China's policymakers are increasingly concerned that unsustainable debt growth poses a threat to the economy. Analysts say the new guidelines from the State Council, China's cabinet, signal the government's sharpening focus on pushing deleveraging across the economy.

"One can predict that growth of total social financing will slow and fixed-asset investment will also slow," said Liu Yuhui, director of the financial focal point laboratory at the Chinese Academy of Social Sciences, a government think tank, referring to the central bank's measure of total credit from all sources.

"If this isn't accompanied by various forms of debt restructuring, some sectors may see their chains of funding broken and there could be defaults," he said.

China's ratio of total debt-to-GDP, including government, corporate and household debt, was set to reach 218 percent of GDP by the end of 2013, up 87 percentage points since 2008, rating agency Fitch estimates. Previous rapid debt-run-ups have been associated with financial crises in other countries.

The wide-ranging guidelines, known as Document No. 107, also follow two major cash crunches in the past six months. Short-term interest rates spiked to record highs as banks scrambled to come up with the money to pay maturing debts.

"In the last year, banks have been hit hard by liquidity problems. Quite a few banks wish the central bank would relax liquidity, but based on Document 107, it appears the relevant authorities don't agree," said Liu.

Many bankers attributed the interest-rate spikes in part to the growth of shadow banking. Ratings agency Standard & Poor's estimates that such banking totaled 44 percent of China's gross domestic product at the end of 2012.

The latest policy also comes as an audit released last weak showed that China's local government debt reached 17.9 trillion yuan at end-June 2013, or up from 10.7 trillion at end-2010. Local governments are among the largest recipients of shadow bank loans.

In China's policymaking process, the State Council typically issues broad guidelines, which regulatory agencies then follow up with specific rules.

AMEND, DON'T END

The State Council says that shadow banking is a "beneficial" and "inevitable" consequence of financial development and provides an official definition of the term, according to a copy of the document obtained by Reuters.

But the guidelines also call for closer monitoring and tighter regulation of banks' off-balance-sheet lending, which is often conducted through intermediaries such as trust companies and securities brokerages.

Shadow banking has grown rapidly in China since 2010, when banks began running up against limits on expanding loans through traditional channels.

With credit demand still strong but banks increasingly constrained by regulations such as capital adequacy and loan-to-deposit ratios, institutions devised complex structures designed to keep lending to customers.

The State Council said that trust companies, which have emerged as the biggest non-bank players in shadow banking, should return to their original purpose as asset managers and should not engage in "credit-type business".

Trust companies raise funds by selling high-yielding investment products, using the proceeds to make loans or buy other assets.

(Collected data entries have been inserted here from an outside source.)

//! The looks of a snapshot that is taken.
ghost use Rattle.std.specs.Prelude.{◌≡◌, ◌≤◌, [], ◌∷◌, ◌++◌, length, map, take, vec_capacity, All, Some, IfOk, OnOk, OnErr};
ghost use Rattle.store_core.specs.Directory.{Object};
ghost use Rattle.store_core.specs.Lookups.{find_object};
ghost use Rattle.store_core.specs.Agreement.{Agrees};
ghost use Rattle.store_core.specs.Tokens.{actor_of};
ghost use Rattle.snapshot_view.specs.Tickets.{MayGet, IsInCall, AgreesWithAll, OthersAgree, pins_of, passes_in};
ghost use Rattle.snapshot_view.specs.LookSteps.{IsAsFound, IsSameButCalls, AreLooked, look_one, looked_with, no_look, versions_kept};

use crate::kept::Kept;
use dir_tickets::Ticket;
use std::alloc::{AllocError, Global};
use store_map::{Call, Name};
use stripe_dir::{Directory, Look};

/// The names of all objects, in order of creation.
pub(crate) fn names_of(alloc: Global, directory: &Directory) -> Result<Vec<Name>, AllocError>
    ensures { IfOk result (λ names. names.items ≡ map (λ object. object.name) directory.now.core.objects) }
{
    let objects = directory.objects_in_order(alloc)?;
    let mut names = Vec::new(alloc);
    for object in objects.iter() {
        let (name, _contents) = *object;
        names.push(name.copy()?)?;
    }
    Ok(names)
}

// A look at one object. Where memory is wanting nothing changes.
fn look_at(
    directory: &mut Directory,
    ticket: &mut Ticket,
    number: u32,
    name: &Name,
) -> Result<Kept, AllocError>
    requires agrees { Agrees directory.old.core ticket.old }
    requires may { MayGet number ticket.old }
    requires there { (object : Object) × (find_object name.now directory.old.core.objects ≡ Some object) }
    ensures look { OnOk result (looked_with directory.new.core (ticket.new ∷ []) ≡ look_one number (no_look directory.old.core) ticket.old name.now) }
    ensures err { OnErr result ((directory.new ≡ directory.old) × (ticket.new ≡ ticket.old)) }
    ensures name { IfOk result (λ kept. kept.name ≡ name.now) }
    ensures found { IfOk result (IsAsFound directory.old) }
    ensures call { OnOk result (IsInCall number ticket.new) }
    ensures pins { IfOk result (λ kept. pins_of ticket.new ≡ versions_kept kept) }
    ensures begun { OnOk result (directory.new.core.passes ≡ passes_in (ticket.new ∷ []) ++ directory.old.core.passes) }
    ensures actor { actor_of ticket.new ≡ actor_of ticket.old }
    ensures agrees { Agrees directory.new.core ticket.new }
    ensures others { OthersAgree (ticket.old ∷ []) directory.old.core directory.new.core }
    ensures same { IsSameButCalls directory.old directory.new }
{
    let call = Call::Get { name: name.copy()? };
    let name = name.copy()?;
    let answer = ticket.look(directory, number, &call);
    match answer {
        Ok(
            Look::Pinned {
                point,
                length,
                stripes,
                ..
            },
        ) => {
            let _ = point;
            Ok(Kept {
                name,
                size: length,
                stripes,
            })
        }
        // An object that is there: a get of it goes on.
        Ok(Look::Answer { .. }) => unreachable!(),
        Ok(Look::Ready { .. }) => unreachable!(),
        Err(error) => Err(error),
    }
}

/// Looks at the objects with these names, which are the directory's, each by the next of the tickets.
/// Where memory is wanting the looks made so far stay.
pub(crate) fn look_all(
    directory: &mut Directory,
    tickets: &mut [Ticket],
    number: u32,
    names: &[Name],
    kept: &mut Vec<Kept>,
) -> Result<(), AllocError>
    requires names { names.now ≡ map (λ object. object.name) directory.old.core.objects }
    requires enough { length names.now ≤ length tickets.old }
    requires agrees { AgreesWithAll directory.old.core tickets.old }
    requires may { All (MayGet number) (take (length names.now) tickets.old) }
    requires empty { kept.old.items ≡ [] }
    requires room { length names.now ≤ vec_capacity kept.old }
    ensures looked { AreLooked number directory.old directory.new tickets.old tickets.new kept.new.items }
    ensures all { OnOk result (length kept.new.items ≡ length names.now) }
    ensures others { OthersAgree tickets.old directory.old.core directory.new.core }
    ensures count { length tickets.new ≡ length tickets.old }
    ensures few { length kept.new.items ≤ length names.now }
{
    let mut at = 0;
    while at < names.len() {
        let ticket = &mut tickets[at];
        let one = look_at(directory, ticket, number, &names[at])?;
        kept.push_reserved(one);
        at += 1;
    }
    Ok(())
}
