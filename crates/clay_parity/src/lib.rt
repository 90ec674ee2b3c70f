//! The parity chunks of a stripe, by the kernels of the fast coder.
#![tactic(auto)]

mod flat;
mod parity_layers;
mod prepared;
mod short;
mod stripe;

pub use flat::{parity_into, write_pieces};
pub use parity_layers::{encode, last_column, parity, solve_group};
pub use prepared::Prepared;
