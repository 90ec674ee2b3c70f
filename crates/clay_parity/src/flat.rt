//! The parity chunks of a stripe, written one behind another into the caller's bytes.
ghost use Rattle.std.specs.Prelude.{◌≡◌, ℕ, ◌+◌, ◌-◌, ◌*◌, ◌%◌, ◌<◌, ◌≤◌, slice_index, length, min, OnOk, OnErr};
ghost use Rattle.clay_field.specs.Coupling.{determinant_inverse};
ghost use Rattle.clay_grid.specs.Shape.{row_count, layer_count, chunk_length, stripe_length};
ghost use Rattle.generator_matrix.specs.Generated.{IsLastGenerator};
ghost use Rattle.clay_parity.specs.Blocks.{coupled_byte, piece_bytes};
ghost use Rattle.clay_parity.specs.Short.{short_coupled};
ghost use Rattle.clay_parity.specs.Flat.{WritesGroup, HoldsAllGroups, IsParity};

use crate::parity_layers::{SHORT, block, solve_layers, solve_rows};
use crate::prepared::Prepared;
use crate::short::couple_row;
use clay_grid::Geometry;
use clay_kernels::{BLOCK, Products, couple, fifths, zeros};
use generator_matrix::Generator;
use std::alloc::{AllocError, Global};

// Writes the coupled bytes from `at` on of row `x` in a layer of the group, which are a block.
fn write_block(
    g: Geometry,
    fifths: &Products,
    group: &[u8],
    x: u32,
    digit: u32,
    at: usize,
    out: &mut [u8],
)
    requires fifths { fifths.now ≡ determinant_inverse }
    requires group_len { length group.now ≡ g.parity_count * (g.parity_count * g.width) }
    requires row { x < row_count g }
    requires digit { digit < row_count g }
    requires start { at % 4096 ≡ 0 }
    requires inside { at < g.width }
    requires block { length out.old ≡ min 4096 (g.width - at) }
    ensures { (b : ℕ) → b < length out.old →
        slice_index out.new b ≡ coupled_byte g.parity_count g.width group.now x digit (at + b) }
{
    let len = out.len();
    let own = block(g, group, digit, x, at, len);
    if x == digit {
        out.copy_from_slice(own);
    } else {
        couple(fifths, own, block(g, group, x, digit, at, len), out);
    }
}

// Writes the coupled bytes of row `x` in a layer of the group, a subchunk.
fn write_piece(g: Geometry, fifths: &Products, group: &[u8], x: u32, digit: u32, out: &mut [u8])
    requires fifths { fifths.now ≡ determinant_inverse }
    requires group_len { length group.now ≡ g.parity_count * (g.parity_count * g.width) }
    requires row { x < row_count g }
    requires digit { digit < row_count g }
    requires out_len { length out.old ≡ g.width }
    ensures { (b : ℕ) → b < g.width → slice_index out.new b ≡ coupled_byte g.parity_count g.width group.now x digit b }
{
    let w = g.w() as usize;
    let mut at = 0;
    while at < w {
        let end = (at + BLOCK).min(w);
        write_block(g, fifths, group, x, digit, at, &mut out[at..end]);
        at = end;
    }
}

/// Writes the coupled bytes of row `x` in all layers of the group, one subchunk after another.
pub fn write_pieces(g: Geometry, fifths: &Products, group: &[u8], x: u32, out: &mut [u8])
    requires fifths { fifths.now ≡ determinant_inverse }
    requires group_len { length group.now ≡ g.parity_count * (g.parity_count * g.width) }
    requires row { x < row_count g }
    requires out_len { length out.old ≡ g.parity_count * g.width }
    ensures { (o : ℕ) → o < g.parity_count * g.width → slice_index out.new o ≡ piece_bytes g.parity_count g.width group.now x o }
{
    let w = g.w() as usize;
    for digit in 0..g.q() {
        let from = digit as usize * w;
        write_piece(g, fifths, group, x, digit, &mut out[from..from + w]);
    }
}

// Writes to each parity chunk its subchunks of a group of layers.
fn write_long_group(g: Geometry, fifths: &Products, number: u32, group: &[u8], out: &mut [u8])
    requires fifths { fifths.now ≡ determinant_inverse }
    requires in_layers { number * row_count g + row_count g ≤ layer_count g }
    requires group_len { length group.now ≡ g.parity_count * (g.parity_count * g.width) }
    requires out_len { length out.old ≡ g.parity_count * chunk_length g }
    ensures { WritesGroup g number (piece_bytes g.parity_count g.width group.now) out.old out.new }
{
    let chunk_len = g.chunk_len() as usize;
    let len = g.q() as usize * g.w() as usize;
    for x in 0..g.q() {
        let from = x as usize * chunk_len + number as usize * len;
        write_pieces(g, fifths, group, x, &mut out[from..from + len]);
    }
}

// The same of a group with short subchunks, with room for the partners of a row.
fn write_short_group(
    g: Geometry,
    fifths: &Products,
    number: u32,
    rows: &[u8],
    partners: &mut [u8],
    out: &mut [u8],
)
    requires fifths { fifths.now ≡ determinant_inverse }
    requires in_layers { number * row_count g + row_count g ≤ layer_count g }
    requires rows_len { length rows.now ≡ g.parity_count * (g.parity_count * g.width) }
    requires partners_len { length partners.old ≡ g.parity_count * g.width }
    requires out_len { length out.old ≡ g.parity_count * chunk_length g }
    ensures { WritesGroup g number (short_coupled g.parity_count g.width rows.now) out.old out.new }
{
    let chunk_len = g.chunk_len() as usize;
    let q = g.q() as usize;
    let w = g.w() as usize;
    let len = q * w;
    for x in 0..q {
        let from = x * chunk_len + number as usize * len;
        couple_row(fifths, q, w, rows, x, partners, &mut out[from..from + len]);
    }
}

// Writes the parity chunks, with room for the uncoupled values of a node, of a column and of a group of layers.
fn write_long_groups(
    g: Geometry,
    generator: &Generator,
    stripe: &[u8],
    values: &mut [u8],
    column: &mut [u8],
    group: &mut [u8],
    out: &mut [u8],
)
    requires whole { length stripe.now ≡ stripe_length g }
    requires generator { IsLastGenerator g generator.now.unknown generator.now.each }
    requires values_len { length values.old ≡ min g.width 4096 }
    requires column_len { 4 * min g.width 4096 ≤ length column.old }
    requires group_len { length group.old ≡ g.parity_count * (g.parity_count * g.width) }
    requires out_len { length out.old ≡ g.parity_count * chunk_length g }
    ensures { HoldsAllGroups g generator.now.each stripe.now out.new }
{
    let fifths = fifths();
    for number in 0..g.alpha() / g.q() {
        solve_layers(g, generator, stripe, number, values, column, group);
        write_long_group(g, &fifths, number, group, out);
    }
}

// The same where subchunks are short, all layers of a group together: `values` serves for a row's partners too.
fn write_short_groups(
    g: Geometry,
    generator: &Generator,
    stripe: &[u8],
    column: &mut [u8],
    values: &mut [u8],
    rows: &mut [u8],
    out: &mut [u8],
)
    requires whole { length stripe.now ≡ stripe_length g }
    requires generator { IsLastGenerator g generator.now.unknown generator.now.each }
    requires column_len { length column.old ≡ 4 * (g.parity_count * g.width) }
    requires values_len { length values.old ≡ g.parity_count * g.width }
    requires rows_len { length rows.old ≡ g.parity_count * (g.parity_count * g.width) }
    requires out_len { length out.old ≡ g.parity_count * chunk_length g }
    ensures { HoldsAllGroups g generator.now.each stripe.now out.new }
{
    let fifths = fifths();
    for number in 0..g.alpha() / g.q() {
        solve_rows(g, generator, stripe, number, values, column, rows);
        write_short_group(g, &fifths, number, rows, values, out);
    }
}

// Writes the parity chunks, with room for the values of a node, for those of a column or of five nodes in a short group, and for the
// uncoupled values of a group.
fn write_groups(
    g: Geometry,
    generator: &Generator,
    stripe: &[u8],
    values: &mut [u8],
    room: &mut [u8],
    group: &mut [u8],
    out: &mut [u8],
)
    requires whole { length stripe.now ≡ stripe_length g }
    requires generator { IsLastGenerator g generator.now.unknown generator.now.each }
    requires values_len { length values.old ≡ min g.width 4096 }
    requires column_room { 4 * min g.width 4096 ≤ length room.old }
    requires short_room { 5 * min (row_count g * g.width) 1024 ≤ length room.old }
    requires group_len { length group.old ≡ g.parity_count * (g.parity_count * g.width) }
    requires out_len { length out.old ≡ g.parity_count * chunk_length g }
    ensures { HoldsAllGroups g generator.now.each stripe.now out.new }
{
    let len = g.q() as usize * g.w() as usize;
    if len > SHORT {
        write_long_groups(g, generator, stripe, values, room, group, out);
        return;
    }
    let (column, rest) = room.split_at_mut(4 * len);
    let row = &mut rest[..len];
    write_short_groups(g, generator, stripe, column, row, group, out);
}

/// Writes the parity chunks of the stripe's codeword with the generator of the last column, as `parity_into` does.
pub fn write_parity(
    alloc: Global,
    g: Geometry,
    generator: &Generator,
    stripe: &[u8],
    chunks: &mut [u8],
) -> Result<(), AllocError>
    requires stripe { length stripe.now ≡ stripe_length g }
    requires generator { IsLastGenerator g generator.now.unknown generator.now.each }
    requires chunks { length chunks.old ≡ g.parity_count * chunk_length g }
    ensures parity { OnOk result (IsParity g stripe.now chunks.new) }
    ensures kept { OnErr result (chunks.new ≡ chunks.old) }
{
    let w = g.w() as usize;
    let q = g.q() as usize;
    let len = w.min(BLOCK);
    let mut values = zeros(alloc, len)?;
    let mut room = zeros(alloc, 4 * len + 5 * (q * w).min(SHORT))?;
    let mut group = vec![in alloc; 0u8; q * (q * w)]?;
    write_groups(
        g,
        generator,
        stripe,
        &mut values,
        &mut room,
        &mut group,
        chunks,
    );
    Ok(())
}

/// Writes the parity chunks of the stripe's codeword, by rising row, one behind another. `chunks` has room for just them; what it held before
/// doesn't matter, and it stays as it is where memory is wanting.
pub fn parity_into(
    alloc: Global,
    g: Geometry,
    stripe: &[u8],
    chunks: &mut [u8],
) -> Result<(), AllocError>
    requires stripe { length stripe.now ≡ stripe_length g }
    requires chunks { length chunks.old ≡ g.parity_count * chunk_length g }
    ensures parity { OnOk result (IsParity g stripe.now chunks.new) }
    ensures kept { OnErr result (chunks.new ≡ chunks.old) }
{
    let prepared = Prepared::new(alloc, g)?;
    prepared.parity_into(alloc, stripe, chunks)
}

Chinese savers have flocked to these products as an alternative to low-yielding bank deposits, a weak stock market and a frothy property market. Trusts surpassed insurance companies this year to become the non-bank financial institutions with the most assets under management.

If fully implemented, cutting off trusts' credit business could restrict lending to weak borrowers such as local governments and property developers, who are largely shut out from traditional bank loans but can still obtain high-interest trust loans.

CAN LOOPHOLES BE CLOSED?

Trust loans outstanding reached 4.62 trillion yuan at the end of September, according to the China Trustee Association. Such loans accounted for 11 percent of net new corporate fundraising in the first 11 months of last year, central bank data shows.

The latest guidelines follow a set of regulations issued in March, which limited the amount of shadow bank loans that banks could package into high-yielding off-balance-sheet investment products known as wealth management products.

With the new policies, authorities seek to address the problem of banks exploiting loopholes by clarifying the responsibilities of various regulators, including the People's Bank of China, the China Banking Regulatory Commission and the China Securities Regulatory Commission.

The fresh guidelines also call on the PBOC to develop new statistics to measure shadow banking and to make regular reports to the State Council.

The guidelines also address internet finance, micro-lending, and informal lending by friends and family members.